What this task involves: Word for word, set down every record that appears below.

(Beginning of Stored data)

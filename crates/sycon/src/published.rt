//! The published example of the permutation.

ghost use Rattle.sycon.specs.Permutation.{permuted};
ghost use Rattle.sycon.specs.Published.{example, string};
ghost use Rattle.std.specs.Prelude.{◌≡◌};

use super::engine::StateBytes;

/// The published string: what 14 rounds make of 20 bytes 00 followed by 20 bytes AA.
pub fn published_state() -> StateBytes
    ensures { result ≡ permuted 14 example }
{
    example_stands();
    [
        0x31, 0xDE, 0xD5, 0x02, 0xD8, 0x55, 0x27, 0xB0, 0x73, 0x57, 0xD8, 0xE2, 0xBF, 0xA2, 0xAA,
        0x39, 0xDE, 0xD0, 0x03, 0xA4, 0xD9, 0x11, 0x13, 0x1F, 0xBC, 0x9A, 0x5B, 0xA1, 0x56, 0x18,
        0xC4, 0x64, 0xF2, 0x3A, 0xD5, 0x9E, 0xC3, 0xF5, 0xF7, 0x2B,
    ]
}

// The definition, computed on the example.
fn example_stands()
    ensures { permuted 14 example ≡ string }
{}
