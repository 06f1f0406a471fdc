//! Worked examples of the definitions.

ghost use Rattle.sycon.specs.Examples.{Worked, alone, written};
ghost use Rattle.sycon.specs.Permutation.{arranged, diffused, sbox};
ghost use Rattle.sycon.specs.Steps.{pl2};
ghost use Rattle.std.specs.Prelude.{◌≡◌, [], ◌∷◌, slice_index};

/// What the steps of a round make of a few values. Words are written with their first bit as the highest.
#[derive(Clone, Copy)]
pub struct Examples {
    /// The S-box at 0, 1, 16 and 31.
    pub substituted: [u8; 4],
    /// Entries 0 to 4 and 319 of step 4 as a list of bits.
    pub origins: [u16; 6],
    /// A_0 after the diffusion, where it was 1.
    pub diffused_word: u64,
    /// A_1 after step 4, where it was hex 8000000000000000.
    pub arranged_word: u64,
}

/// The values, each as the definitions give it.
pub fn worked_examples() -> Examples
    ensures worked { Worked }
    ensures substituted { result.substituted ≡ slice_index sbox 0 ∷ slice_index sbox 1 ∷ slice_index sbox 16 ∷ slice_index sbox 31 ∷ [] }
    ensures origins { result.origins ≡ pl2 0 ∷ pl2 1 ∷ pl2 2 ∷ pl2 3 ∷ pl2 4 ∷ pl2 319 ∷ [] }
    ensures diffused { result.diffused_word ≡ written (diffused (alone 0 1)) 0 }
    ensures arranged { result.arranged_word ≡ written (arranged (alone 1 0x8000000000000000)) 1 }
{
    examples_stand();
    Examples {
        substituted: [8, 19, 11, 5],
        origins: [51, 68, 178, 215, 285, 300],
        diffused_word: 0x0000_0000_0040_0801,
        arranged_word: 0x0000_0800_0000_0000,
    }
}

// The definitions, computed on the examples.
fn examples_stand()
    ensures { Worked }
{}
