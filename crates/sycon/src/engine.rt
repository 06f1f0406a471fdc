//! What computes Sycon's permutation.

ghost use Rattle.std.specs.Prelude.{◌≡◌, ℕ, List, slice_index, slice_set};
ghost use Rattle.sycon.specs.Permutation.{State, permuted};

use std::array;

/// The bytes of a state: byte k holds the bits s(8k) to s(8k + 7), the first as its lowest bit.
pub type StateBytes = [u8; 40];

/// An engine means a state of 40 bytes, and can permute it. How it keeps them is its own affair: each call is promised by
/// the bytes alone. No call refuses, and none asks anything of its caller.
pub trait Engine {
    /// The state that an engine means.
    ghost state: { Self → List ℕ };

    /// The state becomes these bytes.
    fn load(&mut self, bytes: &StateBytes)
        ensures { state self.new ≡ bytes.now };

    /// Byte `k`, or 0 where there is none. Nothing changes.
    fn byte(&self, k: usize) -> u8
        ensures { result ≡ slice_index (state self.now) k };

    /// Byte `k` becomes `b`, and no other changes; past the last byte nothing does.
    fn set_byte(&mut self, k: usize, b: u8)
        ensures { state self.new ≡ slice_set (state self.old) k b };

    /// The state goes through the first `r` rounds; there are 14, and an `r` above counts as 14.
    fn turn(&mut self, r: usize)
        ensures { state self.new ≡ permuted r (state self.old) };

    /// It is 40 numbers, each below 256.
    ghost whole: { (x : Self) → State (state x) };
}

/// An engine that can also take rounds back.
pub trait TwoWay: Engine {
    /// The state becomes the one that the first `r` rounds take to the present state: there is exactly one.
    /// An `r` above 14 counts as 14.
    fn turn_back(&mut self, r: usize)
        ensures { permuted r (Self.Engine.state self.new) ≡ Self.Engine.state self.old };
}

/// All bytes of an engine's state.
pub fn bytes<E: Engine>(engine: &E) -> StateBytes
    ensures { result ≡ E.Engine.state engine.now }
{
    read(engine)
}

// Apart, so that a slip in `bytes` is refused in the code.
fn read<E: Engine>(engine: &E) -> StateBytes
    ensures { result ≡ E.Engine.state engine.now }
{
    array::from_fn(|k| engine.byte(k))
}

(End of Stored data)

Written response:
filename crates/sycon/src/published.rt
//! The published example of the permutation.

ghost use Rattle.sycon.specs.Permutation.{permuted};
ghost use Rattle.sycon.specs.Published.{example, string};
ghost use Rattle.std.specs.Prelude.{◌≡◌};

use super::engine::StateBytes;

/// The published string: what 14 rounds make of 20 bytes 00 followed by 20 bytes AA.
pub fn published_state() -> StateBytes
    ensures { result ≡ permuted 14 example }
{
    example_stands();
    [
        0x31, 0xDE, 0xD5, 0x02, 0xD8, 0x55, 0x27, 0xB0, 0x73, 0x57, 0xD8, 0xE2, 0xBF, 0xA2, 0xAA,
        0x39, 0xDE, 0xD0, 0x03, 0xA4, 0xD9, 0x11, 0x13, 0x1F, 0xBC, 0x9A, 0x5B, 0xA1, 0x56, 0x18,
        0xC4, 0x64, 0xF2, 0x3A, 0xD5, 0x9E, 0xC3, 0xF5, 0xF7, 0x2B,
    ]
}

// The definition, computed on the example.
fn example_stands()
    ensures { permuted 14 example ≡ string }
{}
repository 06f1f0406a471fdc
//! Worked examples of the definitions.

ghost use Rattle.sycon.specs.Examples.{Worked, alone, written};
ghost use Rattle.sycon.specs.Permutation.{arranged, diffused, sbox};
ghost use Rattle.sycon.specs.Steps.{pl2};
ghost use Rattle.std.specs.Prelude.{◌≡◌, [], ◌∷◌, slice_index};

/// What the steps of a round make of a few values. Words are written with their first bit as the highest.
#[derive(Clone, Copy)]
pub struct Examples {
    /// The S-box at 0, 1, 16 and 31.
    pub substituted: [u8; 4],
    /// Entries 0 to 4 and 319 of step 4 as a list of bits.
    pub origins: [u16; 6],
    /// A_0 after the diffusion, where it was 1.
    pub diffused_word: u64,
    /// A_1 after step 4, where it was hex 8000000000000000.
    pub arranged_word: u64,
}

/// The values, each as the definitions give it.
pub fn worked_examples() -> Examples
    ensures worked { Worked }
    ensures substituted { result.substituted ≡ slice_index sbox 0 ∷ slice_index sbox 1 ∷ slice_index sbox 16 ∷ slice_index sbox 31 ∷ [] }
    ensures origins { result.origins ≡ pl2 0 ∷ pl2 1 ∷ pl2 2 ∷ pl2 3 ∷ pl2 4 ∷ pl2 319 ∷ [] }
    ensures diffused { result.diffused_word ≡ written (diffused (alone 0 1)) 0 }
    ensures arranged { result.arranged_word ≡ written (arranged (alone 1 0x8000000000000000)) 1 }
{
    examples_stand();
    Examples {
        substituted: [8, 19, 11, 5],
        origins: [51, 68, 178, 215, 285, 300],
        diffused_word: 0x0000_0000_0040_0801,
        arranged_word: 0x0000_0800_0000_0000,
    }
}

// The definitions, computed on the examples.
fn examples_stand()
    ensures { Worked }
{}
filename crates/sycon/src/engine.rt
repository 06f1f0406a471fdc
//! What computes Sycon's permutation.

ghost use Rattle.std.specs.Prelude.{◌≡◌, ℕ, List, slice_index, slice_set};
ghost use Rattle.sycon.specs.Permutation.{State, permuted};

use std::array;

/// The bytes of a state: byte k holds the bits s(8k) to s(8k + 7), the first as its lowest bit.
pub type StateBytes = [u8; 40];

/// An engine means a state of 40 bytes, and can permute it. How it keeps them is its own affair: each call is promised by
/// the bytes alone. No call refuses, and none asks anything of its caller.
pub trait Engine {
    /// The state that an engine means.
    ghost state: { Self → List ℕ };

    /// The state becomes these bytes.
    fn load(&mut self, bytes: &StateBytes)
        ensures { state self.new ≡ bytes.now };

    /// Byte `k`, or 0 where there is none. Nothing changes.
    fn byte(&self, k: usize) -> u8
        ensures { result ≡ slice_index (state self.now) k };

    /// Byte `k` becomes `b`, and no other changes; past the last byte nothing does.
    fn set_byte(&mut self, k: usize, b: u8)
        ensures { state self.new ≡ slice_set (state self.old) k b };

    /// The state goes through the first `r` rounds; there are 14, and an `r` above counts as 14.
    fn turn(&mut self, r: usize)
        ensures { state self.new ≡ permuted r (state self.old) };

    /// It is 40 numbers, each below 256.
    ghost whole: { (x : Self) → State (state x) };
}

/// An engine that can also take rounds back.
pub trait TwoWay: Engine {
    /// The state becomes the one that the first `r` rounds take to the present state: there is exactly one.
    /// An `r` above 14 counts as 14.
    fn turn_back(&mut self, r: usize)
        ensures { permuted r (Self.Engine.state self.new) ≡ Self.Engine.state self.old };
}

/// All bytes of an engine's state.
pub fn bytes<E: Engine>(engine: &E) -> StateBytes
    ensures { result ≡ E.Engine.state engine.now }
{
    read(engine)
}

// Apart, so that a slip in `bytes` is refused in the code.
fn read<E: Engine>(engine: &E) -> StateBytes
    ensures { result ≡ E.Engine.state engine.now }
{
    array::from_fn(|k| engine.byte(k))
}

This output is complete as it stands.